The world of document understanding has come a long way in recent years, with advancements in systems that can automatically process complex business documents. These systems have the potential to revolutionize business workflows by eliminating errors and manual work. Researchers have been developing models based on the powerful Transformer architecture, such as PaLM 2, which have shown impressive accuracy improvements. However, there’s a catch. The datasets used in academic literature don’t quite capture the challenges faced in real-world applications. So while these models perform well in academic benchmarks, they struggle when applied to complex real-world scenarios.
That’s where the Visually Rich Document Understanding (VRDU) dataset comes in. Presented at KDD 2023, this dataset aims to bridge the gap between academic benchmarks and real-world use cases. It meets five important requirements for a good document understanding benchmark. Firstly, it focuses on real-world use cases and compares model accuracy to academic benchmarks to truly reflect performance. Secondly, it includes complex and diverse document layouts, including tables, key-value pairs, and multi-column formats. This is important because real-world documents don’t adhere to simple sentence and paragraph structures.
Thirdly, the VRDU dataset features diverse templates to challenge models’ ability to generalize to new layouts. Fourthly, the dataset provides high-quality OCR results to ensure that the focus is solely on the document understanding task, without interference from OCR variations. And last but not least, the dataset includes token-level annotations, which allows for clean training data and prevents noisy examples.
The VRDU dataset is a combination of two publicly available datasets – Registration Forms and Ad-Buy forms. These datasets provide representative examples of real-world use cases, including political advertisement details and information about foreign agents registering with the US government. We gathered a random sample of documents and used Google Cloud’s OCR to convert images to text. An experienced team of annotators labeled the documents, ensuring accurate annotations.
To evaluate the VRDU dataset, we conducted three tasks: Single Template Learning, Mixed Template Learning, and Unseen Template Learning. These tasks allowed us to measure models’ performance and ability to deal with fixed templates, same-set templates, and unseen templates, respectively.

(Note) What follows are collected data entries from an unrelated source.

/// A worker declares three tasks that depend on each other, and is given one after another.
const CHAIN: [Call; 12] = [
    (
        "add_worker",
        r#"{"worker":"w","info":[["workers",1],["host","h"],["pid",7]]}"#,
        "null",
    ),
    (
        "add_task",
        r#"{"worker":"w","task_id":"C__99914b932b","status":"PENDING","deps":["B__99914b932b"],"runnable":true,"priority":0,"resources":{},"params":{},"param_visibilities":{},"family":"C","module":"m","batchable":false,"retry_policy_dict":{"retry_count":null,"disable_hard_timeout":null,"disable_window":null},"accepts_messages":false,"owners":[]}"#,
        "null",
    ),
    (
        "add_task",
        r#"{"worker":"w","task_id":"B__99914b932b","status":"PENDING","deps":["A__99914b932b"],"runnable":true,"priority":0,"resources":{},"params":{},"param_visibilities":{},"family":"B","module":"m","batchable":false,"retry_policy_dict":{"retry_count":null,"disable_hard_timeout":null,"disable_window":null},"accepts_messages":false,"owners":[]}"#,
        "null",
    ),
    (
        "add_task",
        r#"{"worker":"w","task_id":"A__99914b932b","status":"PENDING","deps":[],"runnable":true,"priority":0,"resources":{},"params":{},"param_visibilities":{},"family":"A","module":"m","batchable":false,"retry_policy_dict":{"retry_count":null,"disable_hard_timeout":null,"disable_window":null},"accepts_messages":false,"owners":[]}"#,
        "null",
    ),
    (
        "get_work",
        r#"{"worker":"w","host":"h","assistant":false,"current_tasks":[]}"#,
        r#"{"n_pending_last_scheduled":3,"n_pending_tasks":3,"n_unique_pending":3,"running_tasks":[],"task_family":"A","task_id":"A__99914b932b","task_module":"m","task_params":{},"worker_state":"active"}"#,
    ),
    (
        "add_task",
        r#"{"worker":"w","task_id":"A__99914b932b","status":"DONE"}"#,
        "null",
    ),
    (
        "get_work",
        r#"{"worker":"w","host":"h","assistant":false,"current_tasks":[]}"#,
        r#"{"n_pending_last_scheduled":2,"n_pending_tasks":2,"n_unique_pending":2,"running_tasks":[],"task_family":"B","task_id":"B__99914b932b","task_module":"m","task_params":{},"worker_state":"active"}"#,
    ),
    (
        "add_task",
        r#"{"worker":"w","task_id":"B__99914b932b","status":"DONE"}"#,
        "null",
    ),
    (
        "get_work",
        r#"{"worker":"w","host":"h","assistant":false,"current_tasks":[]}"#,
        r#"{"n_pending_last_scheduled":1,"n_pending_tasks":1,"n_unique_pending":1,"running_tasks":[],"task_family":"C","task_id":"C__99914b932b","task_module":"m","task_params":{},"worker_state":"active"}"#,
    ),
    (
        "add_task",
        r#"{"worker":"w","task_id":"C__99914b932b","status":"DONE"}"#,
        "null",
    ),
    (
        "get_work",
        r#"{"worker":"w","host":"h","assistant":false,"current_tasks":[]}"#,
        r#"{"n_pending_last_scheduled":0,"n_pending_tasks":0,"n_unique_pending":0,"running_tasks":[],"task_id":null,"worker_state":"active"}"#,
    ),
    ("stop", "{}", "null"),
];

/// A reply was lost: the task is given again where the worker tells what it runs, in a paused scheduler too, which gives
/// nothing anew.
const LOST: [Call; 15] = [
    (
        "add_worker",
        r#"{"worker":"w","info":[["workers",1],["host","h"],["pid",7]]}"#,
        "null",
    ),
    (
        "add_task",
        r#"{"worker":"w","task_id":"C__99914b932b","status":"PENDING","deps":["B__99914b932b"],"runnable":true,"priority":0,"resources":{},"params":{},"param_visibilities":{},"family":"C","module":"m","batchable":false,"retry_policy_dict":{"retry_count":null,"disable_hard_timeout":null,"disable_window":null},"accepts_messages":false,"owners":[]}"#,
        "null",
    ),
    (
        "add_task",
        r#"{"worker":"w","task_id":"B__99914b932b","status":"PENDING","deps":["A__99914b932b"],"runnable":true,"priority":0,"resources":{},"params":{},"param_visibilities":{},"family":"B","module":"m","batchable":false,"retry_policy_dict":{"retry_count":null,"disable_hard_timeout":null,"disable_window":null},"accepts_messages":false,"owners":[]}"#,
        "null",
    ),
    (
        "add_task",
        r#"{"worker":"w","task_id":"A__99914b932b","status":"PENDING","deps":[],"runnable":true,"priority":0,"resources":{},"params":{},"param_visibilities":{},"family":"A","module":"m","batchable":false,"retry_policy_dict":{"retry_count":null,"disable_hard_timeout":null,"disable_window":null},"accepts_messages":false,"owners":[]}"#,
        "null",
    ),
    (
        "get_work",
        r#"{"worker":"w","host":"h","assistant":false,"current_tasks":[]}"#,
        r#"{"n_pending_last_scheduled":3,"n_pending_tasks":3,"n_unique_pending":3,"running_tasks":[],"task_family":"A","task_id":"A__99914b932b","task_module":"m","task_params":{},"worker_state":"active"}"#,
    ),
    (
        "get_work",
        r#"{"worker":"w","host":"h","assistant":false,"current_tasks":[]}"#,
        r#"{"n_pending_last_scheduled":2,"n_pending_tasks":2,"n_unique_pending":2,"running_tasks":[{"info":{"host":"h","pid":7,"workers":1},"task_id":"A__99914b932b","worker":"w"}],"task_family":"A","task_id":"A__99914b932b","task_module":"m","task_params":{},"worker_state":"active"}"#,
    ),
    (
        "get_work",
        r#"{"worker":"w","host":"h","assistant":false}"#,
        r#"{"n_pending_last_scheduled":2,"n_pending_tasks":2,"n_unique_pending":2,"running_tasks":[{"info":{"host":"h","pid":7,"workers":1},"task_id":"A__99914b932b","worker":"w"}],"task_id":null,"worker_state":"active"}"#,
    ),
    (
        "get_work",
        r#"{"worker":"w","current_tasks":["A__99914b932b"]}"#,
        r#"{"n_pending_last_scheduled":2,"n_pending_tasks":2,"n_unique_pending":2,"running_tasks":[{"info":{"host":"h","pid":7,"workers":1},"task_id":"A__99914b932b","worker":"w"}],"task_id":null,"worker_state":"active"}"#,
    ),
    ("pause", "{}", "null"),
    (
        "get_work",
        r#"{"worker":"w","host":"h","assistant":false,"current_tasks":[]}"#,
        r#"{"n_pending_last_scheduled":2,"n_pending_tasks":2,"n_unique_pending":2,"running_tasks":[{"info":{"host":"h","pid":7,"workers":1},"task_id":"A__99914b932b","worker":"w"}],"task_family":"A","task_id":"A__99914b932b","task_module":"m","task_params":{},"worker_state":"active"}"#,
    ),
    (
        "add_task",
        r#"{"worker":"w","task_id":"A__99914b932b","status":"DONE"}"#,
        "null",
    ),
    (
        "get_work",
        r#"{"worker":"w","host":"h","assistant":false,"current_tasks":[]}"#,
        r#"{"n_pending_last_scheduled":2,"n_pending_tasks":2,"n_unique_pending":2,"running_tasks":[],"task_id":null,"worker_state":"active"}"#,
    ),
    ("unpause", "{}", "null"),
    (
        "get_work",
        r#"{"worker":"w","host":"h","assistant":false,"current_tasks":[]}"#,
        r#"{"n_pending_last_scheduled":2,"n_pending_tasks":2,"n_unique_pending":2,"running_tasks":[],"task_family":"B","task_id":"B__99914b932b","task_module":"m","task_params":{},"worker_state":"active"}"#,
    ),
    ("stop", "{}", "null"),
];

The results showed that the VRDU dataset is challenging and leaves room for improvement for even state-of-the-art models. We also found that few-shot performance, even for the best models, is surprisingly low.
In conclusion, the release of the VRDU dataset marks an important step in improving document understanding models. It provides a benchmark that captures the complexity of real-world applications and allows researchers to track progress more effectively. With the five requirements met, the VRDU dataset sets a new standard for document understanding benchmarks. So get ready, because the future of document understanding is about to get a whole lot better!